Task goal: Lines from the beginning of the data below through the one containing "a folder over" are to be printed exactly as they appear.
Content starts
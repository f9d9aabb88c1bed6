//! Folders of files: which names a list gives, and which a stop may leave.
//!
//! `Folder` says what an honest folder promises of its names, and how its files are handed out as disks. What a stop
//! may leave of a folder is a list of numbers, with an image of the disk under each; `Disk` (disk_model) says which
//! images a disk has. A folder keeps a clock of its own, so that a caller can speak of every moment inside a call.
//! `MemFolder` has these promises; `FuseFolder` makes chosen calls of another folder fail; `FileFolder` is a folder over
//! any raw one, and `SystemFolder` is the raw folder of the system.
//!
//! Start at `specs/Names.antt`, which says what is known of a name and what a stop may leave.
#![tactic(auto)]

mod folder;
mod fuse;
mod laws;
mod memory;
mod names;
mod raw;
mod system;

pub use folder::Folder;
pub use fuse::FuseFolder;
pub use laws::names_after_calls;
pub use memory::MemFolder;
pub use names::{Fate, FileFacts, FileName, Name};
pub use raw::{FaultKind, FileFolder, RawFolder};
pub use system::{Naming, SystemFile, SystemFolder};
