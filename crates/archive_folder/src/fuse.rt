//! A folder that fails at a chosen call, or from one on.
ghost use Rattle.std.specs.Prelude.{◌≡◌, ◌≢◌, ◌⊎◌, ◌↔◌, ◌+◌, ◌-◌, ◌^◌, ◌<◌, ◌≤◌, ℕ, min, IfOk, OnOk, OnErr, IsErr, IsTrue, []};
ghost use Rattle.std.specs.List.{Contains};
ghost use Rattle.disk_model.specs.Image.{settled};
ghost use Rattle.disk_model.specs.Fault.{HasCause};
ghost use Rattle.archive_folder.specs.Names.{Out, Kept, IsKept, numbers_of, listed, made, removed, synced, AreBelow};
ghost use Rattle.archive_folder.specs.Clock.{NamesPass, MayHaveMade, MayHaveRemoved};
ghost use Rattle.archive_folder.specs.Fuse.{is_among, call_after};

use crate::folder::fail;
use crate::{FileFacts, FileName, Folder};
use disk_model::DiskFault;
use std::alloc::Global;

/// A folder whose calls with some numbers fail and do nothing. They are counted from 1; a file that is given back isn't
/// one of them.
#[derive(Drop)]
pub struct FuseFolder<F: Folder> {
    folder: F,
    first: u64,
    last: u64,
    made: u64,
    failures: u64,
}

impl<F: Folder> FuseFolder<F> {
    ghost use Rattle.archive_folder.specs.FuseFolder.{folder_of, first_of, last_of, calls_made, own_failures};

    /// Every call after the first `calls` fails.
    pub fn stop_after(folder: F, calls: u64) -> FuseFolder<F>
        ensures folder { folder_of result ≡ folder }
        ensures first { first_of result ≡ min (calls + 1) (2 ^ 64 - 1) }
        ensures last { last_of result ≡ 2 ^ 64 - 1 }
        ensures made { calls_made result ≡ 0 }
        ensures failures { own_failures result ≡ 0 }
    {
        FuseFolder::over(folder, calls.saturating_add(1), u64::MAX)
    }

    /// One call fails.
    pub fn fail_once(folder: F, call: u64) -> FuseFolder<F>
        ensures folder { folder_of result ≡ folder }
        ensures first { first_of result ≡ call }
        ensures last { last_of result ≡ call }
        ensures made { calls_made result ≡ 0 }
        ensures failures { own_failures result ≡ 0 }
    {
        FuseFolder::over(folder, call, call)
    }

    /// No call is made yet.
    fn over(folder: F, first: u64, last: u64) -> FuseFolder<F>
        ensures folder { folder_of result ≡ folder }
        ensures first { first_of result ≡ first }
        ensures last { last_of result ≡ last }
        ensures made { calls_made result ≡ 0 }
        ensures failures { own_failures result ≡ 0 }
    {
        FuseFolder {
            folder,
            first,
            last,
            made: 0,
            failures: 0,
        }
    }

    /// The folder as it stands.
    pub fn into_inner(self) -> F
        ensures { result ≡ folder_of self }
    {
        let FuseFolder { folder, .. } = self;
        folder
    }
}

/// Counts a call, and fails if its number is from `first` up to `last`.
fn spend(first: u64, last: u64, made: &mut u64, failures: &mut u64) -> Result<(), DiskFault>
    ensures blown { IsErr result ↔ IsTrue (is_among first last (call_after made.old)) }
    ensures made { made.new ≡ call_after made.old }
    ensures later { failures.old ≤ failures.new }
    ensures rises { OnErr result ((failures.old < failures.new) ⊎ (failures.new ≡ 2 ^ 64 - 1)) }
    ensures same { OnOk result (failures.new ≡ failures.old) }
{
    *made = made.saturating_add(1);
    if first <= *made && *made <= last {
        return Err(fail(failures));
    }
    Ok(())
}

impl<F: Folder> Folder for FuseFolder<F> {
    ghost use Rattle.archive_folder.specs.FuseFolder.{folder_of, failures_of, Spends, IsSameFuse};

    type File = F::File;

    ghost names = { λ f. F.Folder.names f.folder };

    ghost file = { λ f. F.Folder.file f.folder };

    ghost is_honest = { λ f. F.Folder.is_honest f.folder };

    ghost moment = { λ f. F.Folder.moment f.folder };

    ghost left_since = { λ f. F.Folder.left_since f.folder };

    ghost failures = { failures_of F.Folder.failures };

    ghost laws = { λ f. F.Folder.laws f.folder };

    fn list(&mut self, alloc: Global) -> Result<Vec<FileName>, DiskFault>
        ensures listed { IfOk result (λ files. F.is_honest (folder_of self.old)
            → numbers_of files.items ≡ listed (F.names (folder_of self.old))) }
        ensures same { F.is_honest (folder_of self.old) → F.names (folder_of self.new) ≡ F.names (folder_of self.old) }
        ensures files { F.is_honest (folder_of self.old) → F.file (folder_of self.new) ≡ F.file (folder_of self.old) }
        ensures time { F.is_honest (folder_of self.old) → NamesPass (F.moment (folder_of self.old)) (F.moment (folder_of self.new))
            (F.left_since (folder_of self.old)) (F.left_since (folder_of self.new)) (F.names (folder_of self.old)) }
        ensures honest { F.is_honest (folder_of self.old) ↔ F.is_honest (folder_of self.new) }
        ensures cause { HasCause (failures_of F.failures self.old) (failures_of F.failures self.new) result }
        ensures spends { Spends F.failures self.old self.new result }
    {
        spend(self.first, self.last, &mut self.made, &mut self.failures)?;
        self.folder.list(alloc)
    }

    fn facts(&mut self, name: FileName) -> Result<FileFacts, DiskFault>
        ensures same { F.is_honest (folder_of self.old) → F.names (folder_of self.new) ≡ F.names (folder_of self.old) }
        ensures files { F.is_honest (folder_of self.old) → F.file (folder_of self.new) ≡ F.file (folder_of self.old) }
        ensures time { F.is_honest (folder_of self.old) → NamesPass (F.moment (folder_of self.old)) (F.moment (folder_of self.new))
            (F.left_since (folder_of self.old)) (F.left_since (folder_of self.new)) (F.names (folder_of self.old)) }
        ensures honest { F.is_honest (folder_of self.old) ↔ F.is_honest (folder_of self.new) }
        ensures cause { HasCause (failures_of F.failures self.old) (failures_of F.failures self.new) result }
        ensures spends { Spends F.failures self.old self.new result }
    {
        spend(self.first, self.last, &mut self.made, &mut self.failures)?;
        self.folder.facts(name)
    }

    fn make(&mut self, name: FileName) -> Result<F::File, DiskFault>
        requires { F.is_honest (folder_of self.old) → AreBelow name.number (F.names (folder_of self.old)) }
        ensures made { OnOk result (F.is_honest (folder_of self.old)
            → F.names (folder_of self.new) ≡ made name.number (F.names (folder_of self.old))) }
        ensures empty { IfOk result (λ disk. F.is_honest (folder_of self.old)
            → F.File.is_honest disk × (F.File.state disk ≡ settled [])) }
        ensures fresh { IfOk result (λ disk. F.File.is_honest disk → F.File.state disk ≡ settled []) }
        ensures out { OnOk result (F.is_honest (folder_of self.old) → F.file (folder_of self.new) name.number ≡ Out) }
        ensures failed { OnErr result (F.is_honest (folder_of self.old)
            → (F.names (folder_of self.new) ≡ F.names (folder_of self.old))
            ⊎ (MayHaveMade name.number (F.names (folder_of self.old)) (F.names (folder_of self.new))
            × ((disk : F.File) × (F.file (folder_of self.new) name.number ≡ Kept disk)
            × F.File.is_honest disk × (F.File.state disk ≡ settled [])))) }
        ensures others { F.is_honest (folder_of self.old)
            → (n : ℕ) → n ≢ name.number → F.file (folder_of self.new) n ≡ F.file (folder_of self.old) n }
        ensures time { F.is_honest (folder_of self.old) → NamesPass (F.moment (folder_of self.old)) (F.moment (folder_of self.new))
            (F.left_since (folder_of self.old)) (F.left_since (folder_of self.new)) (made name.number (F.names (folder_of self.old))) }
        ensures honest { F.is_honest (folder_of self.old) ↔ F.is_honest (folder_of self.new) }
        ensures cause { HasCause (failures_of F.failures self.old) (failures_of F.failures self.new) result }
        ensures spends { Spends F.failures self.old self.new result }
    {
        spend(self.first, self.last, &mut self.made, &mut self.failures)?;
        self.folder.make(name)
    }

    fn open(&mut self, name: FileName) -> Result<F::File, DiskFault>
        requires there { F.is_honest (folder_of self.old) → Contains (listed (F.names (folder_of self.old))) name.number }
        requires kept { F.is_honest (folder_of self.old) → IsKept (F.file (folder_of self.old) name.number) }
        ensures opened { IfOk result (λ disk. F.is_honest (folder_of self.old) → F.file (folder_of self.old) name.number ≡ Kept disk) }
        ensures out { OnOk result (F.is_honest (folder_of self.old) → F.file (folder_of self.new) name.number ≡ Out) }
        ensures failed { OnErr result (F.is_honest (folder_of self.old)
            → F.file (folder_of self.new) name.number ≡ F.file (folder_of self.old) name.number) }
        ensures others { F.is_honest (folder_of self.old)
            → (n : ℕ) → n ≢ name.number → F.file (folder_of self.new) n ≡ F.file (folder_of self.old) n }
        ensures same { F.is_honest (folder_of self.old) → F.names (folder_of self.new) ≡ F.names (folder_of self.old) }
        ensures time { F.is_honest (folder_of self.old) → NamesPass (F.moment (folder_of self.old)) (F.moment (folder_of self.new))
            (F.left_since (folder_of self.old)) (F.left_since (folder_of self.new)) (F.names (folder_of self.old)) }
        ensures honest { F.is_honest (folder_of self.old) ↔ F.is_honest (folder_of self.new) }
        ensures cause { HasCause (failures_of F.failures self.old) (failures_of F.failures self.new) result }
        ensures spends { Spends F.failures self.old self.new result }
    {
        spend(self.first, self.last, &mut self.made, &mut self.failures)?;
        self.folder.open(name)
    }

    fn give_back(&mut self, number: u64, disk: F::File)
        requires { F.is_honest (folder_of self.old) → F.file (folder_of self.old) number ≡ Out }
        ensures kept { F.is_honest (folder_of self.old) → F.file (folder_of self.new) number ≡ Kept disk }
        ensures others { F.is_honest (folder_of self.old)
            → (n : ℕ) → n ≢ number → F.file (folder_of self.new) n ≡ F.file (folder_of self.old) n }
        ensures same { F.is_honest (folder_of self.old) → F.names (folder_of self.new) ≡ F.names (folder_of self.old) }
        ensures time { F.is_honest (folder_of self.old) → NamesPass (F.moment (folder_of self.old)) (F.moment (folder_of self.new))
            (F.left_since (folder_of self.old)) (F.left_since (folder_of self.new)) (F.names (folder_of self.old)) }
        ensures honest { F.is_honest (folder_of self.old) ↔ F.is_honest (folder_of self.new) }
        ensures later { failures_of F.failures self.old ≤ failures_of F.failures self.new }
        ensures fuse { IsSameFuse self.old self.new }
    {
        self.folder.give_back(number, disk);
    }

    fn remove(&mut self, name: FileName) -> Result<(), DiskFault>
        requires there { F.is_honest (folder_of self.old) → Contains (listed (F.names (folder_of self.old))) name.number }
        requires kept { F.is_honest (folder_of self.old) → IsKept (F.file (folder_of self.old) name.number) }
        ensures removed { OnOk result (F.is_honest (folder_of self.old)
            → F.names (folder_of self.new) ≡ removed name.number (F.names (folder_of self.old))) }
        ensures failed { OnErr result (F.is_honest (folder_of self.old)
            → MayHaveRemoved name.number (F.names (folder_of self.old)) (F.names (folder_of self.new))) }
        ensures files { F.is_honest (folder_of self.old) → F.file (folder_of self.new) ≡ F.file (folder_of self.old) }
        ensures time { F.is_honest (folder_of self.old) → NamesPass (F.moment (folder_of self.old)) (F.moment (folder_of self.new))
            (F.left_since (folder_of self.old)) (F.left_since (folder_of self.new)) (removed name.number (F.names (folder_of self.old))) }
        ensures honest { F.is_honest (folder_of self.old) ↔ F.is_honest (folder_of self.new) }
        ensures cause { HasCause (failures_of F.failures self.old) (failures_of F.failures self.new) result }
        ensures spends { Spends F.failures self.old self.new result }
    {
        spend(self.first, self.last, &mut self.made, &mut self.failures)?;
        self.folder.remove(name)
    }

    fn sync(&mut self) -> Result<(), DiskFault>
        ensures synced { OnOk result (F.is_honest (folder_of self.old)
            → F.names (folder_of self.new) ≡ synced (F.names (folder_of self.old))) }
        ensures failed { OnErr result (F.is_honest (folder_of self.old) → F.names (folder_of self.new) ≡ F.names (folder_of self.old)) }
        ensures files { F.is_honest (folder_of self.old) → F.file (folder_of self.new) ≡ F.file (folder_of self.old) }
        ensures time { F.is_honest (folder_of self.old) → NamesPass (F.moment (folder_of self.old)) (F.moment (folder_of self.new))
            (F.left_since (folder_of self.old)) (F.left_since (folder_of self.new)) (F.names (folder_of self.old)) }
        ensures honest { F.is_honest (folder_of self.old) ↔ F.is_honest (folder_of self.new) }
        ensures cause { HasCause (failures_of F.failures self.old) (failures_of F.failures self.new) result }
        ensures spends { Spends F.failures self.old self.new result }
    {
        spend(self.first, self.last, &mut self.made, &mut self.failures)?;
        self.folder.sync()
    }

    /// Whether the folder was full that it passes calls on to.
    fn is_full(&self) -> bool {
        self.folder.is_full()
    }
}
Content ends
Solution to this exercise:
repository f9d9aabb88c1bed6
//! Folders of files: which names a list gives, and which a stop may leave.
//!
//! `Folder` says what an honest folder promises of its names, and how its files are handed out as disks. What a stop
//! may leave of a folder is a list of numbers, with an image of the disk under each; `Disk` (disk_model) says which
//! images a disk has. A folder keeps a clock of its own, so that a caller can speak of every moment inside a call.
//! `MemFolder` has these promises; `FuseFolder` makes chosen calls of another folder fail; `FileFolder` is a folder over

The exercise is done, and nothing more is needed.